A group of 75 countries announced its decision on Friday to launch negotiations on the trade-related aspects of e-commerce at the WTO, but India has decided to steer clear of the plurilateral talks.

“India will not even be an observer at the plurilateral negotiations at the moment. We do not think the time is right for the country to take on multilateral obligations in the area of e-commerce rules,” a government official told BusinessLine .

The announcement of the plan to start the e-commerce negotiations was made at the on-going World Economic Forum (WEF) meet in Davos. “We confirm our intention to commence WTO negotiations on the trade-related aspects of e-commerce,” said a joint statement of the 75 countries that include EU members, the US, China, Japan, Australia, Russia, Brazil, Turkey, Peru, Myanmar, Nigeria and New Zealand. “We will seek to achieve a high standard outcome that builds on existing WTO agreements and frameworks with the participation of as many WTO members as possible.”

Plurilateral initiatives will strike at the roots of the multilateral system, Indian Commerce Secretary Anup Wadhawan said in his statement in Davos.

“Hence, we are not persuaded about the merit of the plurilateral initiatives. In e-commerce, we already have a multilateral work programme agreed to by ministers, which will be undermined by the plurilateral initiative,” he said.

More than half of the 164 WTO members, including large developing countries such as India, South Africa and Argentina, have decided not to be part of the talks.

Not an observer either

India, which was earlier considering the possibility of becoming an observer if the e-commerce negotiations were launched, has decided against it now as it could lead to more pressure for participation.

The Indian delegation to the WTO, at a meeting on e-commerce last October, had reportedly stated that developing countries needed policy space in areas such as ownership and use and flow of data in sunrise sectors like cloud computing and data storage.

“We are in the process of framing our own e-commerce policy. It will help us understand better the effects of e-commerce on competition and our overall economy.
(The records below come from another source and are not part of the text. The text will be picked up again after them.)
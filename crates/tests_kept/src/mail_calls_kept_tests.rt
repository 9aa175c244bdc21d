// An account that is opened again over what a crash may leave after an append that failed answers as
// before.
use crate::asking::Asking::{self, Blob, Method, States, Upload};
use crate::asking::{answer_of, keeper, nothing, started, sure};
use account_book::{Book, Rules};
use keep_port::{Keeper, Kept};
use mail_calls::MailRules;
use std::alloc::Global;
use std::process::Abort;

// Calls that put and drop mailboxes, emails and threads. Each makes one entry.
const CHANGES: &[Asking] = &[
    Upload("Message-ID: <a@x>\nSubject: hi\nFrom: Ann <a@x>\n\nhello"),
    Upload("In-Reply-To: <a@x>\nSubject: Re: hi\nTo: b@x\n\nyes"),
    Upload("Subject: ho\nDate: Thu, 1 Jan 1970 00:00:09 +0000\n\nno"),
    Upload(""),
    Method(
        "Mailbox/set",
        "{\"accountId\":\"A1\",\"create\":{\"a\":{\"name\":\"A\",\"role\":\"inbox\"},\"b\":{\"name\":\"B\",\"sortOrder\":3},\"c\":{\"name\":\"C\"}}}",
    ),
    Method(
        "Email/import",
        "{\"accountId\":\"A1\",\"emails\":{\"1\":{\"blobId\":\"b1\",\"mailboxIds\":{\"M1\":true,\"M2\":true}},\"2\":{\"blobId\":\"b2\",\"keywords\":{\"$seen\":true},\"mailboxIds\":{\"M1\":true}}}}",
    ),
    Method(
        "Email/import",
        "{\"accountId\":\"A1\",\"emails\":{\"3\":{\"blobId\":\"b3\",\"keywords\":{\"$draft\":true},\"mailboxIds\":{\"M2\":true},\"receivedAt\":\"1970-01-01T00:00:05Z\"},\"4\":{\"blobId\":\"b4\",\"mailboxIds\":{\"M1\":true}}}}",
    ),
    Method(
        "Mailbox/set",
        "{\"accountId\":\"A1\",\"destroy\":[\"M3\"],\"update\":{\"M1\":{\"name\":\"D\"}}}",
    ),
    Method(
        "Email/set",
        "{\"accountId\":\"A1\",\"destroy\":[\"E4\"],\"update\":{\"E2\":{\"keywords/$flagged\":true,\"mailboxIds/M2\":true}}}",
    ),
    Method(
        "Mailbox/set",
        "{\"accountId\":\"A1\",\"destroy\":[\"M2\"],\"onDestroyRemoveEmails\":true}",
    ),
];

// What is asked before an account ends and after it is opened again.
const ASKED: &[Asking] = &[
    States,
    Blob("b1"),
    Blob("b3-1"),
    Method("Mailbox/get", "{\"accountId\":\"A1\",\"ids\":null}"),
    Method("Thread/get", "{\"accountId\":\"A1\",\"ids\":null}"),
    Method(
        "Email/get",
        "{\"accountId\":\"A1\",\"ids\":null,\"fetchAllBodyValues\":true}",
    ),
    Method(
        "Mailbox/changes",
        "{\"accountId\":\"A1\",\"sinceState\":\"0\"}",
    ),
    Method(
        "Mailbox/changes",
        "{\"accountId\":\"A1\",\"sinceState\":\"3\"}",
    ),
    Method(
        "Email/changes",
        "{\"accountId\":\"A1\",\"sinceState\":\"0\"}",
    ),
    Method(
        "Thread/changes",
        "{\"accountId\":\"A1\",\"sinceState\":\"5\"}",
    ),
    Method(
        "Mailbox/query",
        "{\"accountId\":\"A1\",\"sort\":[{\"property\":\"name\"}]}",
    ),
    Method(
        "Email/query",
        "{\"accountId\":\"A1\",\"collapseThreads\":true,\"filter\":{\"inMailbox\":\"M1\"},\"sort\":[{\"isAscending\":false,\"property\":\"receivedAt\"}]}",
    ),
    Method(
        "Email/query",
        "{\"accountId\":\"A1\",\"calculateTotal\":true,\"filter\":{\"text\":\"h\"}}",
    ),
    Method(
        "Mailbox/queryChanges",
        "{\"accountId\":\"A1\",\"sinceQueryState\":\"0\"}",
    ),
    Method(
        "Email/queryChanges",
        "{\"accountId\":\"A1\",\"sinceQueryState\":\"0\"}",
    ),
];

// The answers to what is asked in turn, each with a line feed after it.
fn answers<A: Abort, K: Keeper, R: Rules>(
    rt: &A,
    alloc: Global,
    book: &mut Book<K, R>,
    askings: &[Asking],
) -> Vec<u8> {
    let mut all = Vec::new(alloc);
    for asking in askings {
        let answer = answer_of(rt, alloc, book, *asking);
        sure(rt, all.extend_from_slice(answer.as_slice()));
        sure(rt, all.push(b'\n'));
    }
    all
}

// The answers of an account over this keeper after these changes, and the keeper once it ended.
fn changed<A: Abort, K: Keeper, R: Rules>(
    rt: &A,
    alloc: Global,
    keeper: K,
    rules: R,
    changes: &[Asking],
) -> (Vec<u8>, K) {
    let mut book = started(rt, alloc, keeper, rules);
    let _ = answers(rt, alloc, &mut book, changes);
    let all = answers(rt, alloc, &mut book, ASKED);
    (all, book.end())
}

// The same over a keeper in memory of this content, with its content then. Its call of `append` of
// this number fails.
fn after<A: Abort>(
    rt: &A,
    alloc: Global,
    kept: Kept,
    fails: u64,
    changes: &[Asking],
) -> (Vec<u8>, Kept) {
    let keeper = keeper(rt, alloc, kept, fails);
    let (all, keeper) = changed(rt, alloc, keeper, MailRules, changes);
    let kept = sure(rt, keeper.kept().copy(alloc));
    (all, kept)
}

// Refuses the last of these changes, and opens the account again over what a crash may leave: the
// rows before, or these and the refused one.
fn expect_refused<A: Abort>(rt: &A, alloc: Global, changes: &[Asking], number: u64) {
    let Some((_, earlier)) = changes.split_last() else {
        return;
    };
    let (without, _) = after(rt, alloc, nothing(alloc), 0, earlier);
    let (with, whole) = after(rt, alloc, nothing(alloc), 0, changes);
    assert!(rt; with.as_slice() != without.as_slice());
    let (refused, kept) = after(rt, alloc, nothing(alloc), number, changes);
    assert!(rt; refused.as_slice() == without.as_slice());
    let (rest, _) = after(rt, alloc, kept, 0, &[]);
    assert!(rt; rest.as_slice() == without.as_slice());
    let (more, _) = after(rt, alloc, whole, 0, &[]);
    assert!(rt; more.as_slice() == with.as_slice());
}

#[test]
fn an_account_is_opened_again_over_each_rest_of_a_refused_append(rt: HostRuntime) {
    let alloc = rt.alloc();
    for end in [1usize, 3, 5, 6, 7, 8, 9, 10] {
        if let Some(changes) = CHANGES.get(..end) {
            expect_refused(&rt, alloc, changes, end as u64);
        }
    }
}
“Without such an understanding,, India is not in a position to negotiate a multilateral agreement,” the official added.

Recent tightening of e-commerce market-place rules by the government has led to protests from companies such as Amazon and Flipkart and also rumblings in Davos, where many countries have called for a stable e-commerce policy environment in India.

Joining forces against the proposed e-commerce negotiations at the WTO, a group of civil society organisations from various countries issued a statement opposing the talks on the grounds that it would constrain policy space for development.